『原作小説』美形王子が苦手な破天荒モブ令嬢は自分らしく生きていきたい!

紅葉ももな(くれはももな)

第四十八話『ルーイ様どこさ居たのしゃ?』リラ視点


 おらの名前はリラ、ルーイ様が拐われてから何とか王都まで出て来て、王太子妃殿下に偶然お会いできてなんとかお城の中に入ることは出来たものの、肝心のルーイ様が見つからねぇ。

 先陣を切って突入していった騎士様方の側は乱戦になっていたのでおらは戦線離脱させてもらった。

 正直争いは好かない、切った張ったなんておらにとってはおとぎ話の中にあるくらいで、盗賊団が出たりした話は聞いても、おら達平民が討伐になんてまず参加しない。

 襲われれば自己防衛くらいはするけんども、やはり日頃から剣で戦う人達に敵うはずもない。

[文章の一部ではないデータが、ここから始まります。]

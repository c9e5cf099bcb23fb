//! Pointers in declarators (C17 6.7.6.1).

ghost use Rattle.std.specs.Prelude.{◌≡◌, ◌+◌, ◌*◌, IfOk};
ghost use Rattle.c_grammar.specs.Rules.{Pointer};
ghost use Rattle.parse_input.specs.Reads.{named, Says};
ghost use Rattle.parse_parameters.specs.Nested.{Nested};

use crate::parser::Declarators;
use c_grammar::{Bracket, DeclaratorKind, Terminal};
use c_tree::{Expr, Member};
use parse_declared::{Declared, qualifiers};
use parse_input::{Input, Limits, Read, Refusal};
use sqlite_items::{Boxed, Items};
use std::alloc::Global;

impl<
    'a,
    C: Fn(Global, Limits, &mut Input<'a>) -> Result<Read<Boxed<Expr>>, Refusal>,
    D: Fn(
        Global,
        Limits,
        DeclaratorKind,
        Bracket,
        &mut Input<'a>,
    ) -> Result<Read<Declared<'a>>, Refusal>,
    M: Fn(Global, Limits, &mut Input<'a>) -> Result<Read<Items<Member>>, Refusal>,
> Declarators<C, D, M> {
    /// A pointer, and what it points to.
    #[tactic(auto, using(crate::proofs::Pointing::a_pointer, crate::proofs::Pointing::no_pointer, parse_input::proofs::Steps::within))]
    pub fn pointer(
        &self,
        limits: Limits,
        kind: DeclaratorKind,
        input: &mut Input<'a>,
    ) -> Result<Read<Declared<'a>>, Refusal>
        requires nested { Nested (2 * (limits.opens + limits.room)) (C.pre self.now.rules.specifiers.conditional) (C.post self.now.rules.specifiers.conditional) (D.pre self.now.rules.declarator) (D.post self.now.rules.declarator) (M.pre self.now.rules.specifiers.members) (M.post self.now.rules.specifiers.members) }
        ensures reads { Says (named limits.room (Pointer input.old.scope kind) input.old.tokens) result input.new.tokens }
        ensures kept { IfOk result (λ read. input.new.scope ≡ input.old.scope) }
    {
        if limits.room == 0 {
            return Err(Refusal::Refused(input.is(Terminal::Star)));
        }
        if !input.is(Terminal::Star) {
            return Err(Refusal::Refused(false));
        }
        let star = input.take();
        let qualifiers = qualifiers(self.rules.specifiers.alloc, limits.room - 1, input)?;
        let target = self
            .rules
            .declarator_inside(limits, kind, Bracket::Unknown, input)?;
        Ok(Read {
            depth: qualifiers.depth.max(target.depth) + 1,
            value: Declared::pointer_to(
                self.rules.specifiers.alloc,
                star.place(),
                qualifiers.value,
                target.value,
            )?,
        })
    }
}
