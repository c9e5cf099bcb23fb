//! Tests of the form that is built so far: its units, warnings, machine and texts, as tables.
#![tactic(auto)]

#[cfg(test)]
mod machine;
#[cfg(test)]
mod printed;
#[cfg(test)]
mod units;
#[cfg(test)]
mod warnings;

 それに先程から城のあちらこちらの壁やら窓やらが不思議な卵によって派手に吹き飛ばされているので無闇に近づけないし、穴から城内に入ったのは良いものの、どこも似たような造りになっているせいでどこを歩っているのかさっぱりわがんねぇ。

 一部屋ずつ捜そうにもちょいちょい敵兵士が出て来るからゆっくり捜すこともままなんねぇ。

「うーん、埒が明かねぇなぁ」

 城内の捜索は諦めて城の外に出て来たおらは、先程まで続いていた不思議な卵の暴走が止んでいる事に気が付いた。

 まだ戦いの喧騒はあちらこちらで聞こえているものの、これくらいなら村の子供達の声より小さい。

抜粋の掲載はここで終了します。